The junction of these two inner lamellae inter se separates the infra- from the supra-branchial chamber, and is the cause in part of the posterior indirect union of the mantle-folds (see also Preparation 26). The outer lamella of the outer gill is fused in its whole extent to the mantle, and it assists where the ctenidial axis becomes free posteriorly in dividing the supra- and infra-branchial chambers, and in causing the indirect union of the mantle-folds.

The internal surface of the mantle is covered with ciliated epithelium, and the plasma-cells (p. 115) of its connective tissue contain glycogen. In many forms its ventral edges coalesce or 'concresce' leaving an aperture for the foot; or the process may be carried even further when that organ is aborted, e. g. in Asper-gillum, and then the only entrance to the mantle cavity is through the inhalent siphon. When an Anodonta is removed from its shell, there is seen (best in a fresh specimen) a reddish streak running from near the anterior to near the posterior adductor. This streak is the red-brown organ of Keber, the pericardial gland of Grobben. According to the latter, it consists of a series of caeca communicating with the pericardial cavity and lined by a continuation of its epithelium. The homologous structure in Cephalopoda forms an appendix to the branchial heart, is similarly formed, and a portion of its epithelium, that in the peripheral caeca, is excretory in structure.
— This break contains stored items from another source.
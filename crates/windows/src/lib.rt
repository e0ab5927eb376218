// A window looked for in a laying plan: where it is laid, or its refusal. A plan's refusals come first, then the window's own, then that it is not laid.
#![tactic(auto)]

ghost use Rattle.windows.specs.Looks.{Looks};

use calls::Refusal;
use plans::AcceptedPlan;

// Where a window is laid: the plan, the window's place on its strip, and the number of its section.
#[derive(Clone, Copy)]
pub struct Spot<'a> {
    pub plan: AcceptedPlan<'a>,
    pub place: u64,
    pub section: u64,
}

// In any plan, for any window.
#[tactic(auto, using(locator::proofs::Locates::place_small))]
pub fn look<'a>(plan: &'a [u8], window: &[u8]) -> Result<Spot<'a>, Refusal>
    ensures { Looks plan.now window.now result }
{
    let accepted = plans::open(plan)?;
    let word = calls::check_word(accepted.strip.k, accepted.strip.n, window)?;
    let place = locator::place_of(word);
    let section = accepted.laying(place).ok_or(Refusal::NotLaid)?;
    Ok(Spot {
        plan: accepted,
        place,
        section,
    })
}
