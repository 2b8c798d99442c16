//! A share as the total that a run adds its ticks to.

ghost use Rattle.std.specs.Prelude.{◌≡◌, ◌≤◌, ◌^◌};
ghost use Rattle.atomic_table.specs.Seated.{TableId};
ghost use Rattle.xs_ledger.specs.Additions.{last_answer, ticks_above};
ghost use Rattle.xs_ledger.specs.Shares.{additions, ledger_id, own, share_ledger_id, weight};
ghost use Rattle.xs_ledger.specs.Shares.{IsShareOf};
ghost use Rattle.xs_ledger.specs.Totals.{answer_before, AreWithin};

use crate::ledger::{Ledger, Share};
use std::sync::Arc;
use xs_trace::total::Total;

/// A share that holds its ledger, and the most that the word may come to. Each of its additions is
/// of at most 1,024 ticks, and each but the last was answered with at most the limit.
#[derive(Drop)]
pub struct LedgerTotal {
    ledger: Arc<Ledger>,
    share: Share,
    limit: u64,
    // The last answer, 0 where there is none.
    last: u64,
    ghost of_ledger: { IsShareOf (ledger_id ledger.value) share },
    ghost bounded: { limit ≤ 2 ^ 40 },
    ghost answered: { last ≡ last_answer (additions share) },
    ghost are_within: { AreWithin limit (additions share) },
    pub ghost earlier: { answer_before (additions share) ≤ limit },
}

impl LedgerTotal {
    /// A share, whose last answer is known. A share that has added nothing has the last answer 0.
    pub fn new(ledger: Arc<Ledger>, share: Share, limit: u64, last: u64) -> LedgerTotal
        requires share { IsShareOf (ledger_id ledger.value) share }
        requires limit { limit ≤ 2 ^ 40 }
        requires last { last ≡ last_answer (additions share) }
        requires within { AreWithin limit (additions share) }
        ensures share { result.share ≡ share }
        ensures limit { result.limit ≡ limit }
    {
        LedgerTotal {
            ledger,
            share,
            limit,
            last,
        }
    }

    /// The share, with all its additions. Of their ticks at most 1,024 were answered above the
    /// limit.
    pub fn into_share(self) -> Share
        ensures share { result ≡ self.share }
        ensures of_ledger { IsShareOf (ledger_id self.ledger.value) result }
        ensures within { AreWithin self.limit (additions result) }
        ensures above { weight (ticks_above self.limit) result ≤ 1024 }
    {
        let LedgerTotal { share, .. } = self;
        share
    }
}

impl Total for LedgerTotal {
    ghost Kept = { TableId };

    ghost kept = { λ t. share_ledger_id t.share };

    ghost most = { λ t. t.limit };

    ghost added = { λ t. own t.share };

    ghost last = { λ t. last_answer (additions t.share) };

    ghost before = { λ t. answer_before (additions t.share) };

    ghost seen = { λ t. t.share.own_is_seen };

    ghost within = { λ t. t.earlier };

    /// As made.
    fn limit(&self) -> u64 {
        self.limit
    }

    /// The last answer.
    fn above(&self) -> Option<u64> {
        if self.last > self.limit {
            Some(self.last)
        } else {
            None
        }
    }

    /// One addition to the ledger.
    fn add(&mut self, count: u64) -> u64 {
        self.last = self.ledger.add(&mut self.share, count);
        self.last
    }
}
The foot is in some Lamellibranchiata aborted, e. g. Oysters. In others it is very small, and its shape varies much within the limits of the class. The ventral edge has, according to Griesbach, in the Anodonta three pores of fair size, one placed anteriorly, two somewhat posteriorly. He states that water finds its way through them to the vascular lacunae, a fact disputed by other authorities. Similar pores exist in other Lamellibranchiata and Mollusca (?). Water has been supposed to find its way into the blood-system in one of three ways - through the nephridium into the pericardium, through special pori aquiferi, and through intercellular passages between the ectoderm cells or epidermis. But the great distension of the foot in Anodonta, when protruded from the shell for the purposes of locomotion, is due apparently to the action of a circular muscle surrounding the vein which conveys the blood from the foot on each side of the body to the median infra-cardiac sinus. By this means the return of the blood is prevented whilst the heart at the same time continues to drive blood into the foot.

Certain regions of the mantle appear to act as blood-reservoirs from which a store of blood may be drawn under these circumstances (Fleischmann). It may be added that in Solen (Ceratisolen) legumen, where me of the blood-corpuscles are tinged with haemoglobin, these corpuscles do not escape from the blood even when the animal is greatly irritated and consequently strongly contracted. Any direct passage of water from without into the blood, or escape of blood, must consequently be regarded as an extremely doubtful occurrence. In some specimens of An-odonta there exists a small pit on the posterior margin of the foot. This, according to Carriere, is a remnant of the byssus gland, which is so well developed in Dreissena among fresh-water Bivalves. The young Anodonta (= Glochidium) has a byssus filament, but the gland which secretes it disappears, and the true byssus gland appears later. The filament referred to is adhesive, and clings to anything which it touches.